Localizability of Tachyonic Particles and Neutrinoless Double Beta Decay

TL;DR

This paper explores the theoretical challenges of incorporating tachyonic particles into quantum field theory, proposing a formulation that allows for localizable neutrinos with implications for neutrinoless double beta decay and superluminal neutrino propagation.

Contribution

It introduces a field-theoretic approach for localizable tachyonic particles, addressing previous issues and deriving a compact neutrino propagator with natural chirality properties.

Findings

Derived a compact neutrino propagator form

Showed natural left-handedness of neutrinos and right-handedness of antineutrinos

Discussed implications for neutrinoless double beta decay and superluminal neutrino propagation

Abstract

The quantum field theory of superluminal (tachyonic) particles is plagued with a number of problems, which include the Lorentz non-invariance of the vacuum state, the ambiguous separation of the field operator into creation and annihilation operators under Lorentz transformations, and the necessity of a complex reinterpretation principle for quantum processes.
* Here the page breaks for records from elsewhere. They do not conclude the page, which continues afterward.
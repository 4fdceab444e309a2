// A host.
ghost use Rattle.std.specs.Prelude.{◌≡◌, ◌≤◌, ◌+◌, min, ◌==◌, List, [], ◌∷◌, ◌++◌, IfOk, IfSome, OnErr};
ghost use Rattle.tva_base.specs.{Plan.IsHostPlan, Versions.IsVersion};
ghost use Rattle.tva_shim.specs.{Shims.IsReturn, Packets.IsCarried, Packets.IsUpper, Packets.Fills, Packets.upper_size};
ghost use Rattle.tva_shim.specs.Shows.{back_in};
ghost use Rattle.tva_policy.specs.Grants.{Sent};
ghost use Rattle.tva_sender.specs.Showable.{IsShowable};
ghost use Rattle.tva_host.specs.History.{History, with_deed, with_packet, with_prepared};
ghost use Rattle.tva_host.specs.Sending.{next_packet, next_with, next_shape, intended};
ghost use Rattle.tva_host.specs.Receiving.{taken_or_ignored, became_of, after_back, claim_in, answer_to_claim, after_answer, brought_by, reply_of, after_reply, receipt_of};
ghost use Rattle.tva_host.specs.Calls.{Call, Intended, Injected, Received, history_of};
ghost use Rattle.tva_host.specs.Stands.{Keeps, StandsFor, with_room, at_time};

use crate::made::{Made, Receipt};
use crate::packets::{carried_by, kind_shown_of, shim_of};
use crate::received::{brought_by, claim_in, granted, notice_for, return_size, stray, what_of};
use std::alloc::{AllocError, Global};
use std::marker::Model;
use tva_base::{
    Address, BackKind, Flow, HostPlan, Listed, Name, PacketId, PolicyPlan, Time, Upper,
};
use tva_policy::Policy;
use tva_sender::{Sender, Shape};
use tva_shim::{Carried, Packet, ReturnInfo, upper_size};

/// How many nonces there are: they have 48 bits.
const NONCES: u64 = 1 << 48;

/// What a host keeps: its node's number and its plan, the ordinal of its next packet, the nonce that it
/// offers next, its last time, its policy, and its sender. Contracts speak of all calls on it, for which
/// these stand.
#[derive(Drop)]
pub struct Host {
    node: u16,
    plan: HostPlan,
    next: u64,
    offered: u64,
    last: Time,
    policy: Policy,
    sender: Sender,
}

impl Model for Host {
    ghost use Rattle.tva_host.specs.{Stands.HostData, Stands.host_data, Sound.HasHistory};

    ghost Value = { HostData };

    ghost view = { λ h. host_data h.node h.plan h.next h.offered h.last.0 h.policy h.sender };

    ghost invariant = { λ h. HasHistory (host_data h.node h.plan h.next h.offered h.last.0 h.policy h.sender) };
}
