//! Value types.
ghost use Rattle.std.specs.Prelude.{◌≡◌, ◌↔◌, IsTrue};
ghost use Rattle.std.specs.Option.{ok_or};
ghost use Rattle.sst_base.specs.ValueType.{IsTombstone, value_type_byte, value_type_of};

use std::marker::Model;

/// The value type of an entry. Its byte in a block is given beside each.
#[derive(Clone, Copy, Debug, PartialEq, Eq)]
pub enum ValueType {
    /// A value. Byte 0.
    Value,
    /// The key is deleted, with all older versions. Byte 1.
    Tombstone,
    /// The newest older version of the key is deleted. Byte 2.
    WeakTombstone,
    /// The value is an indirection: it names the place of the key's value. Byte 4.
    Indirection,
}

impl ValueType {
    /// Returns whether an entry of this type is a tombstone of either kind, and so has no value.
    pub fn is_tombstone(self) -> bool
        ensures { IsTrue result ↔ IsTombstone self }
    {
        matches!(self, ValueType::Tombstone | ValueType::WeakTombstone)
    }
}

/// The value type of a byte: 0, 1, 2 or 4.
impl TryFrom<u8> for ValueType {
    type Error = ();

    ghost try_from_gives = { λ byte r. r ≡ ok_or (value_type_of byte) tt };

    fn try_from(byte: u8) -> Result<ValueType, ()> {
        match byte {
            0 => Ok(ValueType::Value),
            1 => Ok(ValueType::Tombstone),
            2 => Ok(ValueType::WeakTombstone),
            4 => Ok(ValueType::Indirection),
            _ => Err(()),
        }
    }
}

/// The byte of a value type.
impl From<ValueType> for u8 {
    ghost from_gives = { λ value_type byte. byte ≡ value_type_byte value_type };

    fn from(value_type: ValueType) -> u8 {
        match value_type {
            ValueType::Value => 0,
            ValueType::Tombstone => 1,
            ValueType::WeakTombstone => 2,
            ValueType::Indirection => 4,
        }
    }
}

/// A value type that fills a whole word. Clauses see the value type.
///
/// It is for the fields of entries: beside a type of one byte lie seven bytes of padding, and each
/// move of an entry would copy them in pieces that overlap.
#[derive(Drop)]
pub struct TypeWord {
    // the byte of the type
    word: u64,
}

impl Model for TypeWord {
    ghost use Rattle.sst_base.specs.ValueType.{type_of_word};
    ghost use Rattle.sst_base.specs.declared.value_type.ValueType.{ValueType};

    ghost Value = { ValueType };

    ghost view = { λ t. type_of_word t.word };
}

impl TypeWord {
    /// Makes the word of a value type.
    #[inline(always)]
    pub fn new(value_type: ValueType) -> TypeWord
        ensures { result ≡ value_type }
    {
        TypeWord {
            word: u64::from(u8::from(value_type)),
        }
    }

    /// Returns a copy.
    #[inline(always)]
    pub fn again(&self) -> TypeWord
        ensures { result ≡ self.now }
    {
        TypeWord { word: self.word }
    }

    /// Returns the value type.
    #[inline(always)]
    pub fn get(&self) -> ValueType
        ensures { result ≡ self.now }
    {
        match self.word {
            1 => ValueType::Tombstone,
            2 => ValueType::WeakTombstone,
            4 => ValueType::Indirection,
            _ => ValueType::Value,
        }
    }
}
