//! Configuration of blocks.

/// The hash ratio: the number of buckets per item, as a fraction `num / den`. With `num` 0 there is
/// no hash index.
///
/// `den` is at least 1.
#[derive(Clone, Copy, Debug, PartialEq, Eq)]
pub struct HashRatio {
    /// Numerator: buckets.
    pub num: u32,
    /// Denominator: items.
    pub den: u32,
}
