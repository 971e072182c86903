//! The error type.
ghost use Rattle.std.specs.Prelude.{◌≡◌};
ghost use Rattle.sst_base.specs.declared.error.Error.TheVariants.{Memory, Io};

use crate::checksum::Checksum;
use std::alloc::{AllocError, AllocFailed};
use std::io;
use thiserror::Error;

/// The kind of header that was expected.
#[derive(Clone, Copy, Debug, PartialEq, Eq)]
pub enum HeaderName {
    /// The header of a block's frame.
    Block,
    /// The header of a Bloom filter.
    BloomFilter,
}

/// The kind of tag that was expected.
#[derive(Clone, Copy, Debug, PartialEq, Eq)]
pub enum TagName {
    /// A block type.
    BlockType,
    /// A filter type.
    FilterType,
    /// A hash function of a filter.
    HashType,
}

/// The errors of the block layer. Each has a number, which programs print beside its name.
#[derive(Clone, Copy, Debug, PartialEq, Eq, Error)]
pub enum Error {
    /// E1: the reader, writer, file or source failed, or an input ended before the requested bytes.
    #[error("input or output failed")]
    Io,
    /// E2: the magic bytes differ.
    #[error("not a header of a {0:?}")]
    InvalidHeader(HeaderName),
    /// E3: a tag is not allowed there.
    #[error("{1} is no tag of a {0:?}")]
    InvalidTag(TagName, u8),
    /// E4: the computed and the stored checksum differ.
    #[error("checksum is {got:?}, expected {expected:?}")]
    ChecksumMismatch {
        /// The computed checksum.
        got: Checksum,
        /// The stored checksum.
        expected: Checksum,
    },
    /// E5: the two lengths of a header, or the length of a frame and its data length, differ.
    #[error("lengths differ")]
    LengthMismatch,
    /// E6: a length passes its limit.
    #[error("too long")]
    TooLong,
    /// E7: bytes in memory are shorter than a header, trailer, filter or footer.
    #[error("truncated")]
    Truncated,
    /// E8: the trailer does not fit the block.
    #[error("bad trailer")]
    BadTrailer,
    /// E9: the bytes before the end marker are not the forms of items.
    #[error("bad entry")]
    BadEntry,
    /// E10: an item sorts before its predecessor.
    #[error("out of order")]
    OutOfOrder,
    /// E11: a pointer of the binary index, or the pointer width, does not match the items.
    #[error("bad binary index")]
    BadIndex,
    /// E12: a bucket of the hash index does not match the items.
    #[error("bad hash index")]
    BadHashIndex,
    /// E13: the number of bits or of probes does not fit the filter.
    #[error("bad filter")]
    BadFilter,
    /// E14: a handle is not minimally encoded, or names no range of bytes of its source.
    #[error("bad handle")]
    BadHandle,
    /// E15: an allocation failed.
    #[error("out of memory")]
    Memory,
}

/// A result of the block layer.
pub type Result<T> = std::result::Result<T, Error>;

/// A result whose only error is a failed allocation.
pub type AllocResult<T> = std::result::Result<T, AllocError>;

impl From<AllocError> for Error {
    ghost from_gives = { λ _ e. e ≡ Memory };

    fn from(_error: AllocError) -> Error {
        Error::Memory
    }
}

impl<T: Drop> From<AllocFailed<T>> for Error {
    ghost from_gives = { λ _ e. e ≡ Memory };

    fn from(_error: AllocFailed<T>) -> Error {
        Error::Memory
    }
}

impl From<io::Error> for Error {
    ghost from_gives = { λ _ e. e ≡ Io };

    fn from(_error: io::Error) -> Error {
        Error::Io
    }
}
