//! Entries: internal keys with their values.
ghost use Rattle.std.specs.Prelude.{◌≡◌, ◌≤◌, ◌^◌, ◌<◌, ◌↔◌, IsTrue, []};
ghost use Rattle.std.specs.Prelude.{length};
ghost use Rattle.sst_base.specs.Entry.{Entry, IsEntry};
ghost use Rattle.sst_base.specs.ValueType.{IsTombstone};

use crate::key::{InternalKey, SeqNo, UserKey};
use crate::slice::Slice;
use crate::value_type::ValueType;
use std::alloc::{AllocError, Global};
use std::fmt;
use std::marker::Model;

/// A user value.
pub type UserValue = Slice;

/// An entry: an internal key, whose user key has 1 to 65535 bytes, and a value of at most 2^32 - 1
/// bytes.
#[derive(Drop)]
pub struct InternalValue {
    key: InternalKey,
    value: UserValue,
}

impl Model for InternalValue {
    ghost use Rattle.sst_base.specs.Entry.{Entry, IsEntry};

    ghost Value = { Entry };

    ghost view = { λ e. record { key = e.key; value = e.value } };

    ghost invariant = { λ e. IsEntry (record { key = e.key; value = e.value }) };
}

impl InternalValue {
    /// Makes an entry. The user key has at least 1 byte, and the value at most 2^32 - 1.
    pub fn new(key: InternalKey, value: UserValue) -> InternalValue
        requires some { 1 ≤ length key.user_key }
        requires value { length value < 2 ^ 32 }
        ensures { result ≡ record { key = key; value = value } }
    {
        // The key is within its limits.
        let _fits = key.user_key();
        InternalValue { key, value }
    }

    /// Makes an entry of its parts. The user key has 1 to 65535 bytes, and the value at most 2^32 -
    /// 1.
    pub fn from_components(
        user_key: UserKey,
        value: UserValue,
        seqno: SeqNo,
        value_type: ValueType,
    ) -> InternalValue
        requires some { 1 ≤ length user_key }
        requires key { length user_key ≤ 65535 }
        requires value { length value < 2 ^ 32 }
        ensures { result ≡ record {
          key = record { user_key = user_key; seqno = seqno; value_type = value_type };
          value = value;
        } }
    {
        InternalValue::new(InternalKey::new(user_key, seqno, value_type), value)
    }

    /// Makes a tombstone for a user key of 1 to 65535 bytes. Takes no memory.
    pub fn new_tombstone(alloc: Global, user_key: UserKey, seqno: SeqNo) -> InternalValue
        requires some { 1 ≤ length user_key }
        requires key { length user_key ≤ 65535 }
        ensures { result ≡ record {
          key = record { user_key = user_key; seqno = seqno; value_type = ValueType.Tombstone };
          value = [];
        } }
    {
        InternalValue::from_components(user_key, Slice::empty(alloc), seqno, ValueType::Tombstone)
    }

    /// Makes a weak tombstone for a user key of 1 to 65535 bytes. Takes no memory.
    pub fn new_weak_tombstone(alloc: Global, user_key: UserKey, seqno: SeqNo) -> InternalValue
        requires some { 1 ≤ length user_key }
        requires key { length user_key ≤ 65535 }
        ensures { result ≡ record {
          key = record { user_key = user_key; seqno = seqno; value_type = ValueType.WeakTombstone };
          value = [];
        } }
    {
        InternalValue::from_components(
            user_key,
            Slice::empty(alloc),
            seqno,
            ValueType::WeakTombstone,
        )
    }

    /// Returns the internal key.
    pub fn key(&self) -> &InternalKey
        ensures value { result.now ≡ self.now.key }
        ensures fits { IsEntry self.now }
    {
        &self.key
    }

    /// Returns the value.
    pub fn value(&self) -> &UserValue
        ensures { result.now ≡ self.now.value }
    {
        &self.value
    }

    /// Returns whether the entry is a tombstone.
    pub fn is_tombstone(&self) -> bool
        ensures { IsTrue result ↔ IsTombstone self.now.key.value_type }
    {
        self.key.is_tombstone()
    }
}

impl Clone for InternalValue {
    ghost is_clone = { λ e copy. copy ≡ e };

    fn clone(&self) -> Result<InternalValue, AllocError> {
        Ok(InternalValue {
            key: self.key.clone()?,
            value: self.value.clone()?,
        })
    }
}

impl fmt::Debug for InternalValue {
    fn fmt<W: fmt::Write>(&self, f: &mut fmt::Formatter<W>) -> fmt::Result {
        write!(f, "{:?} = {:?}", self.key, self.value)
    }
}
Another unsolved question concerns the treatment of subluminal components of a tachyonic wave packets in the field-theoretical formalism, and the calculation of the time-ordered propagator. After a brief discussion on related problems, we conclude that rather painful choices have to be made in order to incorporate tachyonic spin-1/2 particles into field theory. We argue that the field theory needs to be formulated such as to allow for localizable tachyonic particles, even if that means that a slight unitarity violation is introduced into the S matrix, and we write down field operators with unrestricted momenta. We find that once these choices have been made, the propagator for the neutrino field can be given in a compact form, and the left-handedness of the neutrino as well as the right-handedness of the antineutrino follow naturally. Consequences for neutrinoless double beta decay and superluminal propagation of neutrinos are briefly discussed.